**WHAT TO PRODUCE:** Return all lines of the data in which the string "Threads" occurs.

*** Opening MATERIAL PROVIDED ***

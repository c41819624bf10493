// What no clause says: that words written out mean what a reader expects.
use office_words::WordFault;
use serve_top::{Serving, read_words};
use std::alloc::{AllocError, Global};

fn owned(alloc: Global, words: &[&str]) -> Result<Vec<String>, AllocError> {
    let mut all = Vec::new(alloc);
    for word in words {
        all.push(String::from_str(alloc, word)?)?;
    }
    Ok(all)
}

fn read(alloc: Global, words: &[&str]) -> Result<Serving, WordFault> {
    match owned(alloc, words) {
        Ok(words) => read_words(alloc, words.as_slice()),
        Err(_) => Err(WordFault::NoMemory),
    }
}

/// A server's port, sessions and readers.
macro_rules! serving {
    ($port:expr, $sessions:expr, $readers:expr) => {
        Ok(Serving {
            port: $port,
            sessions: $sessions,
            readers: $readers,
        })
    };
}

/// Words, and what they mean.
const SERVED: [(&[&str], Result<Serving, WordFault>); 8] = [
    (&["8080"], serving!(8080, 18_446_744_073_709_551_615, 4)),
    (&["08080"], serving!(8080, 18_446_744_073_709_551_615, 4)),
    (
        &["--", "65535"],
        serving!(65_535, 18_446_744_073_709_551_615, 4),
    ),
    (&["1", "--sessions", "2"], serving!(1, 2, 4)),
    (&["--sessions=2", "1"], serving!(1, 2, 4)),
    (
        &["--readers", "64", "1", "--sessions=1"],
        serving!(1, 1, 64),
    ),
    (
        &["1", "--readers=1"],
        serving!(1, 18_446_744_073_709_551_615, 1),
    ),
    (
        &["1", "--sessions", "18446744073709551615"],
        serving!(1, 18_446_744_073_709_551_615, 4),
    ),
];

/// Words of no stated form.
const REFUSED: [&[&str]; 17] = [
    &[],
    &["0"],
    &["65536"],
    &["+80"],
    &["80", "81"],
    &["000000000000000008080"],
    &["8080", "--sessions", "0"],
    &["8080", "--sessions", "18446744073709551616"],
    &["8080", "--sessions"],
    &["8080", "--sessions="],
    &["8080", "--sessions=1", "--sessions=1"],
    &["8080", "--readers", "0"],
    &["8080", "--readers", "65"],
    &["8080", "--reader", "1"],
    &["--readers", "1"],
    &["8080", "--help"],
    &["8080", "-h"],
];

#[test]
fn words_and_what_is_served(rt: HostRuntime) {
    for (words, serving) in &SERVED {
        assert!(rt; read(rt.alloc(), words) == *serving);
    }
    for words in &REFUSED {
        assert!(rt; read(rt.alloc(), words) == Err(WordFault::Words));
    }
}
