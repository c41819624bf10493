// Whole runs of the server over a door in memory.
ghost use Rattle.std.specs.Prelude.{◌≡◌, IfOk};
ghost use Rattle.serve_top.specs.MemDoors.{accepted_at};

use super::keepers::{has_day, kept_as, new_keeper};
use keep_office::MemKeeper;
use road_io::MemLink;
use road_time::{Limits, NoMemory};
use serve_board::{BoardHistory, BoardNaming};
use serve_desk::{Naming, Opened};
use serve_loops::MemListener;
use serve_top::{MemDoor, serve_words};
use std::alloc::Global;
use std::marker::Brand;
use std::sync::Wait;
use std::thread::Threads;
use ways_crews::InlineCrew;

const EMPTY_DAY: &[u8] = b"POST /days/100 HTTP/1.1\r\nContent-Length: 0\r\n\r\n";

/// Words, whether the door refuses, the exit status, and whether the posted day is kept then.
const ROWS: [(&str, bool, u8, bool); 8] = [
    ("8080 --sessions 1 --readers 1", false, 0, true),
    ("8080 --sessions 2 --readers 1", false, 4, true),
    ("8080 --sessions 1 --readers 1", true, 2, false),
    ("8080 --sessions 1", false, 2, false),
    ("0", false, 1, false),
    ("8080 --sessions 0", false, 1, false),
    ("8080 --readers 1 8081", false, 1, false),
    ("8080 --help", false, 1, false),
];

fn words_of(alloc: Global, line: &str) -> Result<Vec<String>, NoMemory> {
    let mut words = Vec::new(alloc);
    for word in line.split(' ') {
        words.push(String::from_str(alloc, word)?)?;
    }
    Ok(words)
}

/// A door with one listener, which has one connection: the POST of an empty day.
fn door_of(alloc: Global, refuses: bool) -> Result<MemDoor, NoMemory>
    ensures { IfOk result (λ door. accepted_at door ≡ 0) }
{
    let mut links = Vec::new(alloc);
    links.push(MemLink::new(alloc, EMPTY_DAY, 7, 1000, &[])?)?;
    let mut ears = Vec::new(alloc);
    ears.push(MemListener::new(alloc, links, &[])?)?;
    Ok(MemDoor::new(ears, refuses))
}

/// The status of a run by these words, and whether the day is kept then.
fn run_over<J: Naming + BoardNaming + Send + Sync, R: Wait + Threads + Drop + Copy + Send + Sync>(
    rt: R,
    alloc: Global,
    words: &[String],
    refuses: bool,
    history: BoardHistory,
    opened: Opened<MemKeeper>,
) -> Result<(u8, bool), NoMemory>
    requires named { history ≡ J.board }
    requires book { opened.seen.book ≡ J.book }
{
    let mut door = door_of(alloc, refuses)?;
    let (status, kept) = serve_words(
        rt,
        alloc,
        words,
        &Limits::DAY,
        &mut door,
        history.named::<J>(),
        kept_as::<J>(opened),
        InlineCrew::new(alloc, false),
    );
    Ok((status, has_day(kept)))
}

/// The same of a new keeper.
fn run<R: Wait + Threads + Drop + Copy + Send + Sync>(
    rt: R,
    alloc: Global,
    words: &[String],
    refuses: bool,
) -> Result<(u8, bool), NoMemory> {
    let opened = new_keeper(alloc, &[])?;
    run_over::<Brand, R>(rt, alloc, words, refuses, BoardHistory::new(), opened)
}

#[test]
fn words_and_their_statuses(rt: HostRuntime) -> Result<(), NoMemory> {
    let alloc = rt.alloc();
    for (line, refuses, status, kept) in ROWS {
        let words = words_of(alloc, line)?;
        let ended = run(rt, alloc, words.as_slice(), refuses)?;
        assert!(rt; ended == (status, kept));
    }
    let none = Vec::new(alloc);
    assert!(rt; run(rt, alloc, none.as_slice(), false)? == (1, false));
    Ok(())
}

*** Closing MATERIAL PROVIDED ***

**ANSWER SECTION:**
use std::thread::Threads;
fn run_over<J: Naming + BoardNaming + Send + Sync, R: Wait + Threads + Drop + Copy + Send + Sync>(
fn run<R: Wait + Threads + Drop + Copy + Send + Sync>(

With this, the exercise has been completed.